(Collection entries)
+++

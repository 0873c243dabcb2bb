// Rows of ends that are kept from one set to the next.
ghost use Rattle.std.specs.Prelude.{◌≡◌, true, ◌*◌, ◌≤◌, Some};
ghost use Rattle.model.specs.Limits.{max_nodes};
ghost use Rattle.tables.specs.Layout.{node_count};
ghost use Rattle.paths.specs.Ends.{end_known};
ghost use Rattle.stepsets.specs.Ends.{RowsHeld, RowsHeld-prop};

use paths::{End, Indexed};
use rows::all_table_ends;

// Rows, and what they hold: nothing yet, or these ends of all nodes.
#[derive(Drop)]
pub struct Held<const WORDS: usize> {
    pub rows: [u64; WORDS],
    pub of: Option<End>,
}

// The rows become those of these ends, where they are not these already.
pub(crate) fn fill(rows: &mut [u64], of: &mut Option<End>, end: End, tables: Indexed)
    requires { (end_known tables.cells.now end ≡ true) × RowsHeld tables.cells.now of.old rows.old }
    ensures held { RowsHeld tables.entry.cells.now of.new rows.new }
    ensures new_of { of.new ≡ Some end }
{
    if *of != Some(end) {
        all_table_ends(rows, end, false, tables);
    }
    *of = Some(end);
}

// Rows for all nodes of the tables: the first of any ends, the second of those of a link.
#[derive(Drop)]
pub struct EndRows<'a, const WORDS: usize> {
    pub tables: Indexed<'a>,
    pub first: Held<WORDS>,
    pub second: Held<WORDS>,
    ghost fits: { WORDS ≤ 16 * max_nodes },
    ghost first_held: { RowsHeld tables.cells.now first.of first.rows } by { RowsHeld-prop tables.cells.now first.of first.rows },
    ghost second_held: { RowsHeld tables.cells.now second.of second.rows } by { RowsHeld-prop tables.cells.now second.of second.rows },
}

impl<'a, const WORDS: usize> EndRows<'a, WORDS> {
    // Rows that hold nothing yet.
    pub fn new(tables: Indexed<'a>) -> Self
        requires { (16 * node_count tables.cells.now ≤ WORDS) × (WORDS ≤ 16 * max_nodes) }
        ensures { result.tables ≡ tables.entry }
    {
        EndRows {
            tables,
            first: Held {
                rows: [0; WORDS],
                of: None,
            },
            second: Held {
                rows: [0; WORDS],
                of: None,
            },
        }
    }
}
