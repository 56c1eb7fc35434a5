// The steps of the search with a boarding time, up to its limit: the foremost vertex is settled, the records to it make their offers, the hops that alight there are marked, and with them those that stay for them.
// Promises: as many steps as the limit and the order of settling allow, each listed, and whether that is all; or the first step after which the list is larger than lent.
// Rests on: the offers of `offering`, the marks of `marking` and `spreading`, the theory of the search in `boarding`.
#![tactic(auto)]

ghost use Rattle.std.specs.Prelude.{◌≡◌, length};
ghost use Rattle.marking.specs.Setting.{tables, query, mode, Judged};
ghost use Rattle.marking.specs.Pends.{state};
ghost use Rattle.spreading.specs.Spreads.{Sorted};
ghost use Rattle.ridesteps.specs.Between.{Opened, Steps, Stepped};
ghost use Rattle.ridesteps.specs.Ended.{RidesEnd};

use bitset::put;
use marking::{Asked, Pending, alight};
use offering::pass;
use spreading::spread;
use words::{Reason, Refusal, Ticks};

// How many vertices are listed, and whether that is all.
#[derive(Clone, Copy)]
pub struct Ridden {
    pub settled: usize,
    pub finished: bool,
}

// One step: x, at its slot, is the next vertex, with the distance d. It is in the set before any record to it offers: an offer to a settled vertex is none, and a hop to x offers only where x is settled.
fn step(
    vertices: &[u8],
    walks: &[u8],
    hops: &[u8],
    a: Asked,
    set: &mut [u16],
    table: &mut [u8],
    marks: &mut [u16],
    stack: &mut [u32],
    scratch: &[u8],
    p: Pending,
    x: usize,
    slot: usize,
    d: u32,
) -> Pending
    requires judged { Judged vertices.now walks.now hops.now a × Sorted vertices.now hops.now a scratch.now }
    requires steps { Steps (tables vertices.now walks.now hops.now a) (query a) (mode hops.now a) set.old (state p table.old marks.old stack.old) x slot d }
    ensures { Stepped (tables vertices.now walks.now hops.now a) (query a) (mode hops.now a) set.old (state p table.old marks.old stack.old) set.new (state result table.new marks.new stack.new) }
{
    put(set, x);
    let gone = worktable::drop(table, p.table, x, slot);
    let t = pass(vertices, walks, hops, a, set, marks, table, gone, x, d);
    let q = Pending {
        table: t,
        height: p.height,
        cursor: p.cursor,
    };
    let r = alight(vertices, walks, hops, a, set, table, marks, stack, q, x, d);
    spread(
        vertices, walks, hops, a, set, table, marks, stack, scratch, r,
    )
}

// Steps up to the limit: as many as it and the order allow, or the first after which the list is larger than lent.
pub fn steps(
    vertices: &[u8],
    walks: &[u8],
    hops: &[u8],
    a: Asked,
    set: &mut [u16],
    table: &mut [u8],
    marks: &mut [u16],
    stack: &mut [u32],
    scratch: &[u8],
    settled: &mut [u8],
    start: Pending,
    limit: u32,
) -> Result<Ridden, Refusal>
    requires judged { Judged vertices.now walks.now hops.now a × Sorted vertices.now hops.now a scratch.now }
    requires opened { Opened (tables vertices.now walks.now hops.now a) (query a) (mode hops.now a) set.old (state start table.old marks.old stack.old) }
    ensures { RidesEnd (tables vertices.now walks.now hops.now a) (query a) (mode hops.now a) (length settled.old) limit settled.new result }
{
    let mut p = start;
    for n in 0..limit as usize {
        let Some(next) = stepping::next(table, p.table, a.allowed) else {
            return Ok(Ridden {
                settled: n,
                finished: true,
            });
        };
        if n == settled.len() / 8 {
            return Err(Refusal {
                reason: Reason::SettledRoom,
                place: (n + 1) as u32,
            });
        }
        let x = next.vertex;
        let d = next.distance;
        records::add_settled(settled, n, x as u32, Ticks(d));
        p = step(
            vertices, walks, hops, a, set, table, marks, stack, scratch, p, x, next.slot, d,
        );
    }
    Ok(Ridden {
        settled: limit as usize,
        finished: stepping::next(table, p.table, a.allowed).is_none(),
    })
}
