// The end of a timetable's answer: the hops of all trips in the slice where their records stand, or a refusal and zeros.
// Promises: every byte of the slice, as the definitions of `feed` say; and, as laws, that stops judged by their records are judged as the definitions judge them.
// Rests on: the records sorted (`sorting`), their laws (`succession`, `connections`), the hops in order (`hoporder`) and written out (`hopbytes`), refusals (`words`).
#![tactic(auto)]

ghost use Rattle.std.specs.Prelude.{◌≡◌, Err, ◌*◌, ◌≤◌, length};
ghost use Rattle.journeys.specs.Counting.{joined};
ghost use Rattle.journeys.specs.Bytes.{filled, cleared};
ghost use Rattle.table_bytes.specs.Columns.{at};
ghost use Rattle.sorting.specs.Sorted.{recs, sorted};
ghost use Rattle.hoporder.specs.Hops.{hop_out};
ghost use Rattle.hopbytes.specs.Listing.{trip_at, OnTrips};
ghost use Rattle.words.specs.Told.{told_by};
ghost use Rattle.departures.specs.Answered.{hops_told};

use sorting::sort;
use words::{Numbered, Refusal};

// A slice that is nothing but the records of hops.
fn in_order(b: &mut [u8], k: usize, trips: &[u8])
    requires { (length b.old ≡ 20 * k) × OnTrips trips.now (recs k b.old) }
    ensures { b.new ≡ joined (λ i. hop_out (trip_at trips.now) (at (sorted (recs k b.old)) i)) k }
{
    sort(b, k);
    hopbytes::write_hops(b, k, trips);
}

// The records of k hops stand in front. Behind the hops the slice becomes zero.
pub fn finish(b: &mut [u8], k: usize, trips: &[u8])
    requires { (20 * k ≤ length b.old) × OnTrips trips.now (recs k b.old) }
    ensures { b.new ≡ filled b.old (joined (λ i. hop_out (trip_at trips.now) (at (sorted (recs k b.old)) i)) k) }
{
    let end = 20 * k;
    in_order(&mut b[..end], k, trips);
    b[end..].fill(0);
}

// A refusal, and zeros.
pub fn refuse<N: Numbered>(b: &mut [u8], reason: N, place: u32) -> Result<usize, Refusal<N>>
    ensures { (told_by N.number result ≡ record { number = N.number reason; place = place }) × (hops_told result ≡ 0) × (b.new ≡ cleared b.old) × (result ≡ Err (record { reason = reason; place = place })) }
{
    b.fill(0);
    Err(Refusal { reason, place })
}
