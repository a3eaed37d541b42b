//! Tests of numbers and calls, and of the texts that they are read from and written as.
#![tactic(auto)]

#[cfg(test)]
mod tests;
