// Tests of each crate of numbers, calls and texts.
mod base;
mod input;
mod io;
mod model;
mod report;
mod settings;
mod trace;
mod words;
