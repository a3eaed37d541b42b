// Scripts of calls and turns, with what they come to.
use crate::tests::plans::{Fault, USUAL};
use ff_base::Geometry;
use ff_model::{Counts, Kind};

/// A call, or turns with how many of them did something.
pub enum Step {
    /// A load with the bytes that it gives.
    Load(u32, &'static [u8]),
    /// A store that is done, or not done for want of a place or by a fault.
    Store(u32, &'static [u8]),
    Full(u32, &'static [u8]),
    Fault(u32, &'static [u8]),
    Mark(u32),
    Turns(Kind, u32, u32),
}

pub struct Row {
    pub geometry: Geometry,
    pub fault: Fault,
    pub steps: &'static [Step],
    pub counts: Counts,
}

const NONE: Counts = Counts {
    device: 0,
    host: 0,
    landed: 0,
    dropped: 0,
    promoted: 0,
    retreated: 0,
    reads: 0,
    programs: 0,
    seals: 0,
    erases: 0,
    faults: 0,
};

const READ_PAGE_0: Step = Step::Load(0, &[0]);

const ELEVENS: [u8; 64] = [0x11; 64];

const TWENTY_TWOS: [u8; 64] = [0x22; 64];

/// A waiting post that is seen; a store to a line under way; a carried line; a page that leaves; a mark of a page in
/// flight; as many born pages as may be; a flush that collects; a collection by turns; a failed program; and a counter
/// that comes to its threshold.
pub static ROWS: [Row; 10] = [
    Row {
        geometry: USUAL,
        fault: Fault::Nothing,
        steps: &[Step::Store(0, &[0xaa]), Step::Load(0, &[0xaa])],
        counts: Counts { device: 2, ..NONE },
    },
    Row {
        geometry: USUAL,
        fault: Fault::Nothing,
        steps: &[
            READ_PAGE_0,
            READ_PAGE_0,
            READ_PAGE_0,
            READ_PAGE_0,
            Step::Turns(Kind::Promote, 12, 12),
            Step::Store(320, &ELEVENS),
            Step::Turns(Kind::Promote, 1, 1),
            Step::Load(320, &[0x11, 0x11]),
        ],
        counts: Counts {
            device: 4,
            host: 2,
            landed: 5,
            dropped: 1,
            promoted: 1,
            ..NONE
        },
    },
    Row {
        geometry: USUAL,
        fault: Fault::Nothing,
        steps: &[
            Step::Store(576, &TWENTY_TWOS),
            READ_PAGE_0,
            READ_PAGE_0,
            READ_PAGE_0,
            Step::Turns(Kind::Promote, 12, 12),
            Step::Store(577, &[0x33]),
            Step::Load(576, &[0x22, 0x33, 0x22, 0x22]),
        ],
        counts: Counts {
            device: 4,
            host: 2,
            landed: 5,
            promoted: 1,
            ..NONE
        },
    },
    Row {
        geometry: Geometry { frames: 1, ..USUAL },
        fault: Fault::Nothing,
        steps: &[
            READ_PAGE_0,
            READ_PAGE_0,
            READ_PAGE_0,
            READ_PAGE_0,
            Step::Turns(Kind::Promote, 130, 130),
            Step::Store(0, &[0xaa]),
            Step::Turns(Kind::Evict, 2, 2),
            Step::Store(0, &[0xbb]),
            Step::Turns(Kind::Evict, 3, 3),
            Step::Load(0, &[0xbb]),
        ],
        counts: Counts {
            device: 5,
            host: 2,
            landed: 65,
            promoted: 1,
            retreated: 1,
            ..NONE
        },
    },
    Row {
        geometry: USUAL,
        fault: Fault::Nothing,
        steps: &[
            READ_PAGE_0,
            READ_PAGE_0,
            READ_PAGE_0,
            READ_PAGE_0,
            Step::Turns(Kind::Promote, 12, 12),
            Step::Store(0, &[0xaa]),
            Step::Store(576, &[0xbb]),
            Step::Mark(0),
            Step::Load(0, &[0xaa]),
            Step::Load(576, &[0xbb]),
        ],
        counts: Counts {
            device: 6,
            host: 2,
            landed: 7,
            promoted: 1,
            retreated: 1,
            ..NONE
        },
    },
    Row {
        geometry: Geometry {
            blocks: 3,
            per_block: 2,
            ..USUAL
        },
        fault: Fault::Nothing,
        steps: &[
            Step::Store(0, &[0xa0]),
            Step::Store(4096, &[0xa1]),
            Step::Store(8192, &[0xa2]),
            Step::Full(12288, &[0xa3]),
            Step::Store(1, &[0xb0]),
        ],
        counts: Counts { device: 4, ..NONE },
    },
    Row {
        geometry: Geometry {
            blocks: 4,
            per_block: 2,
            ways: 1,
            ..USUAL
        },
        fault: Fault::Nothing,
        steps: &[
            Step::Store(0, &[0xa0]),
            Step::Store(4096, &[0xa1]),
            Step::Store(8192, &[0xa2]),
            Step::Store(12288, &[0xa3]),
            Step::Store(16384, &[0xa4]),
            Step::Store(0, &[0xb0]),
            Step::Store(4096, &[0xb1]),
            Step::Store(8192, &[0xb2]),
            Step::Load(8192, &[0xb2]),
        ],
        counts: Counts {
            device: 9,
            reads: 4,
            programs: 8,
            seals: 8,
            erases: 1,
            ..NONE
        },
    },
    Row {
        geometry: Geometry {
            blocks: 6,
            per_block: 2,
            ways: 1,
            low: 8,
            ..USUAL
        },
        fault: Fault::Nothing,
        steps: &[
            Step::Store(0, &[0xa0]),
            Step::Store(4096, &[0xa1]),
            Step::Store(8192, &[0xa2]),
            Step::Store(12288, &[0xa3]),
            Step::Store(16384, &[0xa4]),
            Step::Store(0, &[0xb0]),
            Step::Store(4096, &[0xb1]),
            Step::Turns(Kind::Collect, 3, 3),
            Step::Store(8192, &[0xb2]),
            Step::Turns(Kind::Collect, 2, 2),
            Step::Load(4096, &[0xb1]),
        ],
        counts: Counts {
            device: 9,
            reads: 5,
            programs: 9,
            seals: 9,
            erases: 1,
            ..NONE
        },
    },
    Row {
        geometry: Geometry { ways: 1, ..USUAL },
        fault: Fault::Fail(0),
        steps: &[
            Step::Store(0, &[0xaa]),
            Step::Fault(4096, &[0xbb]),
            Step::Store(4096, &[0xbb]),
        ],
        counts: Counts {
            device: 2,
            programs: 2,
            seals: 1,
            faults: 1,
            ..NONE
        },
    },
    Row {
        geometry: USUAL,
        fault: Fault::Nothing,
        steps: &[
            READ_PAGE_0,
            READ_PAGE_0,
            READ_PAGE_0,
            Step::Turns(Kind::Promote, 1, 0),
            READ_PAGE_0,
            Step::Turns(Kind::Promote, 1, 1),
        ],
        counts: Counts {
            device: 4,
            promoted: 1,
            ..NONE
        },
    },
];

/// A mark and two stores to one line, with a verify between them or not; how many of the waiting posts arrive; and how many
/// entries are kept, with the first two bytes that are left.
pub struct Loss {
    pub verified: bool,
    pub arrive: u32,
    pub left: (u32, u8, u8),
}

pub static LOSSES: [Loss; 4] = [
    Loss {
        verified: false,
        arrive: 1,
        left: (2, 0xaa, 0),
    },
    Loss {
        verified: false,
        arrive: 0,
        left: (1, 0, 0),
    },
    Loss {
        verified: false,
        arrive: 5,
        left: (3, 0xaa, 0xbb),
    },
    Loss {
        verified: true,
        arrive: 0,
        left: (3, 0xaa, 0),
    },
];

+++

* **WHAT YOU WILL DO**
Your answer must be the lines from the one containing "that are left." to the last line of the entries, repeated exactly and with nothing else.

* **REPLY TO THE EXERCISE**
/// entries are kept, with the first two bytes that are left.
pub struct Loss {
    pub verified: bool,
    pub arrive: u32,
    pub left: (u32, u8, u8),
}

pub static LOSSES: [Loss; 4] = [
    Loss {
        verified: false,
        arrive: 1,
        left: (2, 0xaa, 0),
    },
    Loss {
        verified: false,
        arrive: 0,
        left: (1, 0, 0),
    },
    Loss {
        verified: false,
        arrive: 5,
        left: (3, 0xaa, 0xbb),
    },
    Loss {
        verified: true,
        arrive: 0,
        left: (3, 0xaa, 0),
    },
];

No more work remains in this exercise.